→ AIM OF THE TASK
From the entries below, please gather each line containing the string "requires".

→ GIVEN ENTRIES
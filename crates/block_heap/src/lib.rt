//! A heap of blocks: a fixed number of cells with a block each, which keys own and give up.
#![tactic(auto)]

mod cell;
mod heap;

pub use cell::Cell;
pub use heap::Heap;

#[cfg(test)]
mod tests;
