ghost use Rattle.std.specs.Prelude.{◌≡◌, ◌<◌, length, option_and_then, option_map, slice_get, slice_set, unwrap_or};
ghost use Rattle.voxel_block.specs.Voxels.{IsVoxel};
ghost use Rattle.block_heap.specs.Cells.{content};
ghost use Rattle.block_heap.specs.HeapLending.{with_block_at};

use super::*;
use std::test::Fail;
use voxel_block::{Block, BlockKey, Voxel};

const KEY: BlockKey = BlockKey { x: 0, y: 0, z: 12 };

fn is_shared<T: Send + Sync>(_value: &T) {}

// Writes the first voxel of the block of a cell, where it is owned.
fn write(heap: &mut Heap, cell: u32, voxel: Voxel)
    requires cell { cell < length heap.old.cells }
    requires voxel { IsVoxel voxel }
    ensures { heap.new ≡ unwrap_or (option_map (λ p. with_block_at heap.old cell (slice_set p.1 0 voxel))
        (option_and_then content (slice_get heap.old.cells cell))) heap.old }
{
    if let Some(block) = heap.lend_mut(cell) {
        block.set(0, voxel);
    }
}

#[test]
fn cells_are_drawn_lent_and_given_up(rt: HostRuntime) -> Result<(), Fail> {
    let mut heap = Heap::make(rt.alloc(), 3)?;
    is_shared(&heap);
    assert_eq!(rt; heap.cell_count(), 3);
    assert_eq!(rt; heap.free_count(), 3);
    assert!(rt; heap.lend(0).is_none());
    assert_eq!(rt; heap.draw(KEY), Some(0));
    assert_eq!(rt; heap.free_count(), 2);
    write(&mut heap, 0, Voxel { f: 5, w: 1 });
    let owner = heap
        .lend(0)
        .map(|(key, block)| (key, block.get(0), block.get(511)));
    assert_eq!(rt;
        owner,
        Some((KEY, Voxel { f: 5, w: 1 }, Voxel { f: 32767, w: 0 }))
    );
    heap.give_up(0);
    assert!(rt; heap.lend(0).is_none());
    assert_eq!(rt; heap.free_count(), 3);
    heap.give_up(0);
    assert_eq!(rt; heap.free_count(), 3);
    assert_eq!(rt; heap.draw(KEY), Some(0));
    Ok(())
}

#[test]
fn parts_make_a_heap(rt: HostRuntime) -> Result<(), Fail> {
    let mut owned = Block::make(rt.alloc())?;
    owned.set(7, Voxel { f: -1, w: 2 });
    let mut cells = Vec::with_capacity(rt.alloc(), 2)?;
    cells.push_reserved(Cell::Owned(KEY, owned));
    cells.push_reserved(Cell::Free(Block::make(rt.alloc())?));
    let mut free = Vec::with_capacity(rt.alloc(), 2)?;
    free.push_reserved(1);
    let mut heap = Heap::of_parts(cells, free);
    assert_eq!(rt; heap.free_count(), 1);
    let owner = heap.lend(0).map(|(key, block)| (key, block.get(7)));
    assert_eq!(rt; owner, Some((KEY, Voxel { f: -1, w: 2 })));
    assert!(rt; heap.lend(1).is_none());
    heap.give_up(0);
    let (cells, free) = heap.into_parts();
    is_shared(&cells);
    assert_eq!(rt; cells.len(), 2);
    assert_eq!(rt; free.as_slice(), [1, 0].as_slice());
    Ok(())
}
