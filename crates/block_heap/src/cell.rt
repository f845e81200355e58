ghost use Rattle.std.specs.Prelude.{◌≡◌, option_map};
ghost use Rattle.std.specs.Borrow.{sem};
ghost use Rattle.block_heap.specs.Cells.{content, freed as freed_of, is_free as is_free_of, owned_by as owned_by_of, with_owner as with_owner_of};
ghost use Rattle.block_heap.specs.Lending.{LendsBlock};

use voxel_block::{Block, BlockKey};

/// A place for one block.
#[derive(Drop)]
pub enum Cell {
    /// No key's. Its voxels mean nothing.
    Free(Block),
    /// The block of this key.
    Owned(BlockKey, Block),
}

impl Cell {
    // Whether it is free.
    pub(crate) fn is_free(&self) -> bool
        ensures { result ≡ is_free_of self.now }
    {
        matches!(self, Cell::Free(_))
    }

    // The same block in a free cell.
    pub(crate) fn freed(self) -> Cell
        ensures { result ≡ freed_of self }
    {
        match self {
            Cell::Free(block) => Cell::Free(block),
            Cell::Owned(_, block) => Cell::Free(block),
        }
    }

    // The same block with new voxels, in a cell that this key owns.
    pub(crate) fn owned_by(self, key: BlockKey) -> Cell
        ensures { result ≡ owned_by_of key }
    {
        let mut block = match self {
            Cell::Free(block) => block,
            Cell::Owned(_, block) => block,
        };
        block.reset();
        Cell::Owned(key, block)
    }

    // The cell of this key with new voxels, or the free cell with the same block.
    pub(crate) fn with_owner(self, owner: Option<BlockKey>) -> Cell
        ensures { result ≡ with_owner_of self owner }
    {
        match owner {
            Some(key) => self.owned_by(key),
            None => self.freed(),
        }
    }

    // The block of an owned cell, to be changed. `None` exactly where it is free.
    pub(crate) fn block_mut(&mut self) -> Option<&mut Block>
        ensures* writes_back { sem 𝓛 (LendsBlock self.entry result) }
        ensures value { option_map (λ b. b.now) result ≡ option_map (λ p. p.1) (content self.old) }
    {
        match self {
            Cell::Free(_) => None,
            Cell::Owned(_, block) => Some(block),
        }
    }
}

→ ANSWER TO THIS TASK
    requires cell { cell < length heap.old.cells }
    requires voxel { IsVoxel voxel }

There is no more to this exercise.